- Born: January 7, 1929 (age 97) Baltimore, Maryland, U.S.
- Occupation: Educator
- Awards: Maryland Women's Hall of Fame

Academic background
- Alma mater: Notre Dame of Maryland University (BA); Villanova University (MS); Rutgers University (PhD);
- Thesis: 'Flannery O'Connor: Voice of the Peacock' (1972)

Academic work
- Institutions: President of College of Notre Dame of Maryland (1971–1992); Administrator for Special Education of Baltimore City Public Schools (1995–1997); Catholic University College of Ghana (2003–2010); President of Institute of Notre Dame (2010–2011);

= Kathleen Feeley =

American educator (born 1929)

Kathleen Feeley (born January 7, 1929) is a former president of the College of Notre Dame of Maryland.

==Early life==
Kathleen Feeley was born on January 7, 1929, in Baltimore, Maryland, one of seven children. Feeley graduated from the Notre Dame Preparatory School and joined the School Sisters of Notre Dame. She received a Bachelor of Arts in English from the College of Notre Dame of Maryland in 1962. Feeley then received a Master of Science in English from Villanova University in 1964 and a PhD in English from Rutgers University in 1970. She published her doctoral thesis at Rutgers in 1972, entitled Flannery O'Connor: Voice of the Peacock, about the author Flannery O'Connor who she saw speak at the College of Notre Dame. It would be published as a paperback in 1982.

==Career==
===Early career===
Feeley was a fellow at the Institute for the Study of Change at Claremont University Center (now Claremont Graduate University). She was an American Council on Education intern in 1970/1971.
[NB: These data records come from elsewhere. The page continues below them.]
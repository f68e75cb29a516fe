//! The laws of inferrals and of tilings without members: what no member holds up to the weight, no member holds.
#![tactic(auto)]

ghost use Rattle.inferral_law.specs.Inferring.{InferralsCarryMembers, VoidsCarryMembers};

use emptiness::members_within_weight;

/// An inferral that applies carries members one to one. It computes nothing.
pub fn inferrals_carry_members()
    ensures { InferralsCarryMembers }
{
    members_within_weight();
}

/// So does the rule of a tiling without members. It computes nothing.
pub fn voids_carry_members()
    ensures { VoidsCarryMembers }
{
    members_within_weight();
}
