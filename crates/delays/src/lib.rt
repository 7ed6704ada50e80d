// Delays by date (document 02, Job 9): a store of them, the set in force at a date, and a store with one entry more. A store that is not one is
// refused with 20, whatever is asked of it; then a lookup with 21 where no start is early enough, and an append with 20, 22 and 9. Nothing is
// written before all of that is accepted, and nothing behind the longer store.
#![tactic(auto)]

ghost use Rattle.std.specs.Prelude.{◌≡◌, length};
ghost use Rattle.limits.specs.Numbers.{reply_of};
ghost use Rattle.delays.specs.Lookup.{lookup_rule};
ghost use Rattle.delays.specs.Append.{append_rule, append_after};
ghost use Rattle.delays.specs.Answers.{delays_reply};

use judge::{append_refusal, judge};
pub use limits::Delays;
use limits::Refusal;

mod judge;
mod store;
mod write;

// The set of the latest start not after the date. The store is judged whole, in time linear in its length, so that halving the dates would gain
// nothing: the entry is found by a walk from the last one.
pub fn lookup(store: &[u8], mjd: u32) -> Result<Delays, Refusal>
    ensures answer { delays_reply result ≡ lookup_rule store.now mjd }
{
    let store = judge(store)?; // 20 before 21
    let Some(k) = store.in_force(mjd) else {
        return Err(Refusal::NotYet);
    };
    Ok(store.set_of(k))
}

// Writes the store with one entry more into the lent buffer, and answers how many bytes that are.
pub fn append(store: &[u8], mjd: u32, delays: Delays, longer: &mut [u8]) -> Result<usize, Refusal>
    ensures answer { reply_of 0 result ≡ append_rule store.now mjd delays.int delays.cab delays.refdly delays.gd (length longer.old) }
    ensures written { longer.new ≡ append_after store.now mjd delays.int delays.cab delays.refdly delays.gd longer.old }
{
    let store = judge(store)?; // 20 before 22 and 9
    append_refusal(store, mjd, delays, longer.len())?;
    write::longer(store, mjd, delays, longer);
    Ok(store.longer_length())
}
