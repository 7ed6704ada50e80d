// What is refused, and the paper's number of it.
ghost use Rattle.std.specs.Prelude.{◌≡◌};
ghost use Rattle.limits.specs.Numbers.{paper_number, number_of};

// The refusals of documents 01 and 02. The names are those of include/trackline.h, the numbers the paper's; 10 is retired.
#[derive(Clone, Copy, Debug, PartialEq, Eq)]
pub enum Refusal {
    Count = 1,
    Limit = 2,
    Midpoint = 3,
    Slope = 4,
    Delay = 5,
    Scatter = 6,
    Label = 7,
    Start = 8,
    Lent = 9,
    Length = 11,
    LineLength = 12,
    Character = 13,
    Checksum = 14,
    Differ = 15,
    Order = 16,
    Room = 17,
    NoPair = 18,
    FileLength = 19,
    Store = 20,
    NotYet = 21,
    NotLater = 22,
    NotWhole = 23,
    Coordinate = 24,
    NotGps = 25,
}

// The paper's number.
impl From<Refusal> for u32 {
    ghost from_gives = { λ refusal number. number ≡ paper_number refusal };

    fn from(refusal: Refusal) -> u32 {
        refusal as u32
    }
}

// The number of an answer: that of the refusal, 0 where there is none.
pub fn reply_number<T: Copy>(answer: Result<T, Refusal>) -> u32
    ensures { result ≡ number_of answer }
{
    match answer {
        Ok(_) => 0,
        Err(refusal) => u32::from(refusal),
    }
}
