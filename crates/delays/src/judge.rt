// What is refused of a store, and of what is to be appended. A count has 16 bits: it is below 65536.
ghost use Rattle.std.specs.Prelude.{◌≡◌, ◌+◌, ◌*◌, ◌≤◌, IfOk, not, ◌&&◌, ◌||◌, ltb, eqb, length};
ghost use Rattle.limits.specs.Limits.{beyond, delay_limit, delays_beyond_lem};
ghost use Rattle.limits.specs.Lists.{any_beyond_lem};
ghost use Rattle.limits.specs.Numbers.{number_of};
ghost use Rattle.decode.specs.Number.{signeds_at};
ghost use Rattle.delays.specs.Store.{most_entries, store_length_lem, start, rising, store_number};
ghost use Rattle.delays.specs.Append.{append_number};

use super::store::{Store, count, group_width, store_length};
use decode::{signed64, unsigned16, unsigned32};
use limits::{Delays, Refusal, delay_beyond, delays_beyond};

// How many entries a store has at most.
const MOST_ENTRIES: usize = 1000;

// Whether each of the first n starts is later than the one before; the two lie in eight bytes.
fn rising(store: &[u8], n: usize) -> bool
    requires n_bound { n ≤ 65536 }
    requires n_in_bounds { 4 + 4 * n ≤ length store.now }
    ensures { result ≡ rising (start store.now) n }
{
    // Kept: places, as two dates stand side by side in eight bytes; a list of dates would be one pass more.
    let mut ok = true;
    for k in 1..n {
        let from = 4 * k;
        let pair = &store[from..from + 8];
        ok = ok & (unsigned32(pair, 0) < unsigned32(pair, 4));
    }
    ok
}

// Whether one of n delays, the first at an offset, is beyond the limit. Offset and n are far below what 64 bits hold, so that no sum
// overflows.
fn any_beyond(store: &[u8], at: usize, n: usize) -> bool
    requires at_bound { at ≤ 1000000 }
    requires n_bound { n ≤ 1000000 }
    requires n_in_bounds { at + 8 * n ≤ length store.now }
    ensures { result ≡ any_beyond_lem delay_limit (signeds_at store.now at 8 n) }
{
    // Kept: places, as the delays begin at an offset of their own; no plainer by parts of eight bytes.
    let mut found = false;
    for i in 0..n {
        let from = at + 8 * i;
        let delay = &store[from..from + 8];
        found = found | delay_beyond(signed64(delay, 0));
    }
    found
}

// Whether the version is neither 1 nor 2, there are too many entries, or the length is another one.
fn head_wrong(store: &[u8], version: u16, entries: usize) -> bool
    requires { entries ≤ 65536 }
    ensures { result ≡ (not (eqb version 1 || eqb version 2) || ltb most_entries entries || not (eqb (length store.now) (store_length_lem version entries))) }
{
    !((version == 1) | (version == 2))
        | (MOST_ENTRIES < entries)
        | !(store.len() == store_length(version, entries))
}

// The store of these bytes, or what they are refused for. Entries are looked at where the length is right, so that no store takes longer than its
// bytes do.
pub fn judge(bytes: &[u8]) -> Result<Store<'_>, Refusal>
    ensures answer { number_of result ≡ store_number bytes.now }
    ensures store { IfOk result (λ store. store.bytes.now ≡ bytes.now) }
{
    let version = unsigned16(bytes, 0);
    let entries = count(bytes);
    if head_wrong(bytes, version, entries) {
        return Err(Refusal::Store);
    }
    if !rising(bytes, entries)
        | any_beyond(bytes, 4 + 4 * entries, group_width(version) * entries)
    {
        return Err(Refusal::Store);
    }
    Ok(Store { bytes })
}

// Whether a new delay is beyond its limit, or a GD is not 0 in version 1.
fn new_beyond(version: u16, delays: Delays) -> bool
    ensures { result ≡ (delays_beyond_lem delays.int delays.cab delays.refdly delays.gd || (eqb version 1 && beyond 0 delays.gd)) }
{
    delays_beyond(delays) | ((version == 1) & (delays.gd != 0))
}

// What an append to an accepted store is refused for.
pub fn append_refusal(store: Store, mjd: u32, delays: Delays, room: usize) -> Result<(), Refusal>
    ensures { number_of result ≡ append_number store.entry.bytes.now mjd delays.int delays.cab delays.refdly delays.gd room }
{
    if new_beyond(store.version(), delays) {
        return Err(Refusal::Store);
    }
    if !store.later(mjd) | (store.count() == MOST_ENTRIES) {
        return Err(Refusal::NotLater);
    }
    if room < store.longer_length() {
        return Err(Refusal::Lent);
    }
    Ok(())
}
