// Writing a store with one entry more, piece by piece from its first byte on. There are at most 1000 entries, so that one more
// still counts in 16 bits.
ghost use Rattle.std.specs.Prelude.{◌≡◌, ◌+◌, ◌*◌, ◌≤◌, length, take};
ghost use Rattle.lent.specs.Placed.{placed};
ghost use Rattle.encode.specs.Encode.{little_bytes, pattern_of};
ghost use Rattle.delays.specs.Store.{version, group_width_lem};
ghost use Rattle.delays.specs.Append.{group_bytes, longer_dates, longer_store};
ghost use Rattle.delays.specs.Answers.{set_values};

use super::store::Store;
use lent::put;
use limits::Delays;

// Puts so many bytes of a number into a lent buffer, from an offset on.
// Kept: `encode` for all widths, as a count has two bytes, a date four and a delay eight: three calls of to_le_bytes are no plainer.
fn put_number(value: u64, width: usize, file: &mut [u8], at: usize)
    requires { at + width ≤ length file.old }
    ensures { file.new ≡ placed file.old at (little_bytes width value) }
{
    let end = at + width;
    encode::unsigned(value, &mut file[at..end]);
}

// Puts a delay into a lent buffer, from an offset on.
fn put_delay(value: i64, file: &mut [u8], at: usize)
    requires { at + 8 ≤ length file.old }
    ensures { file.new ≡ placed file.old at (little_bytes 8 (pattern_of value)) }
{
    put_number(encode::pattern(value), 8, file, at);
}

// Puts the delays of a group into a lent buffer, from an offset on: those that the version has.
fn put_group(version: u16, delays: Delays, file: &mut [u8], at: usize)
    requires { at + 8 * group_width_lem version ≤ length file.old }
    ensures { file.new ≡ placed file.old at (group_bytes (take (group_width_lem version) (set_values delays))) }
{
    put_delay(delays.int, file, at);
    put_delay(delays.cab, file, at + 8);
    put_delay(delays.refdly, file, at + 16);
    if version != 1 {
        put_delay(delays.gd, file, at + 24);
    }
}

// Puts version, count and dates into a lent buffer.
fn put_dates(store: Store, mjd: u32, file: &mut [u8])
    requires { length store.bytes.now + 4 ≤ length file.old }
    ensures { file.new ≡ placed file.old 0 (longer_dates store.entry.bytes.now mjd) }
{
    let entries = store.count();
    let groups = 4 + 4 * entries;
    put(&store.bytes[0..2], file, 0);
    put_number((entries + 1) as u64, 2, file, 2);
    put(&store.bytes[4..groups], file, 4);
    put_number(mjd as u64, 4, file, groups);
}

// Puts the store with one entry more into a lent buffer.
pub fn longer(store: Store, mjd: u32, delays: Delays, file: &mut [u8])
    requires { length store.bytes.now + 4 + 8 * group_width_lem (version store.bytes.now) ≤ length file.old }
    ensures { file.new ≡ placed file.old 0 (longer_store store.entry.bytes.now mjd delays.int delays.cab delays.refdly delays.gd) }
{
    let groups = 4 + 4 * store.count();
    put_dates(store, mjd, file);
    put(&store.bytes[groups..], file, groups + 4);
    put_group(store.version(), delays, file, store.bytes.len() + 4);
}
===College of Notre Dame===
Feeley became president of the College of Notre Dame of Maryland on July 1, 1971. At the time, many Catholic colleges for women were merging with colleges for men or becoming coeducational. Feeley led the process to determine what the College of Notre Dame would do.

Under Feeley's leadership, the college allowed part-time students and started the second Weekend College in the nation in 1975. In 1984, the college began to offer graduate degrees. In 1989, she founded the Renaissance Institute at the college. She served as president for 21 years and retired in 1992.

In 1999, she returned to the College of Notre Dame as a professor of English.

===Later career===
In 1994, Feeley worked with the School Sisters of Notre Dame to raise money to renovate a building in Baltimore and found the Caroline Center, a religious institute focused on helping women with job readiness, skill training and support.

In 1995, Feeley was appointed by Baltimore mayor Kurt Schmoke to serve as Administrator for Special Education for Baltimore City Public Schools. A lawsuit had been filed against the city and her task was to bring the city in compliance with special education law. She formed a unique city and state educational partnership that is considered as a model across the United States. She remained in the role until 1997.

Feeley also served as a Fulbright professor of English at the University of Madras in India from 1992 to 1993 and the Fudan University in Shanghai, China from 1998 to 1999. She was a visiting professor at the Australian Catholic University from 1993 to 1994 and the University of Maryland, Baltimore County from 1997 to 1998.

She was the first female professor at the Catholic University of Ghana in Sunyani, Ghana. She was professor there from 2003 to 2010. In May 2010, she was asked to serve as the interim president of the Institute of Notre Dame and left Ghana for Baltimore. She remained in that role until July 1, 2011, when Mary Funke was appointed.

==Awards and legacy==
- 2001, Maryland Women's Hall of Fame inductee
- 2002, Lifetime Achievement Award, The Caroline Center
- 2003, Maryland Top 100 Women, Daily Record, Baltimore, Maryland
- 2020, Albert Nelson Marquis Lifetime Achievement, Marquis Who's Who

In 1991, the College of Notre Dame named the Sister Kathleen Feeley International Center after Feeley. The center is a laboratory for language and culture.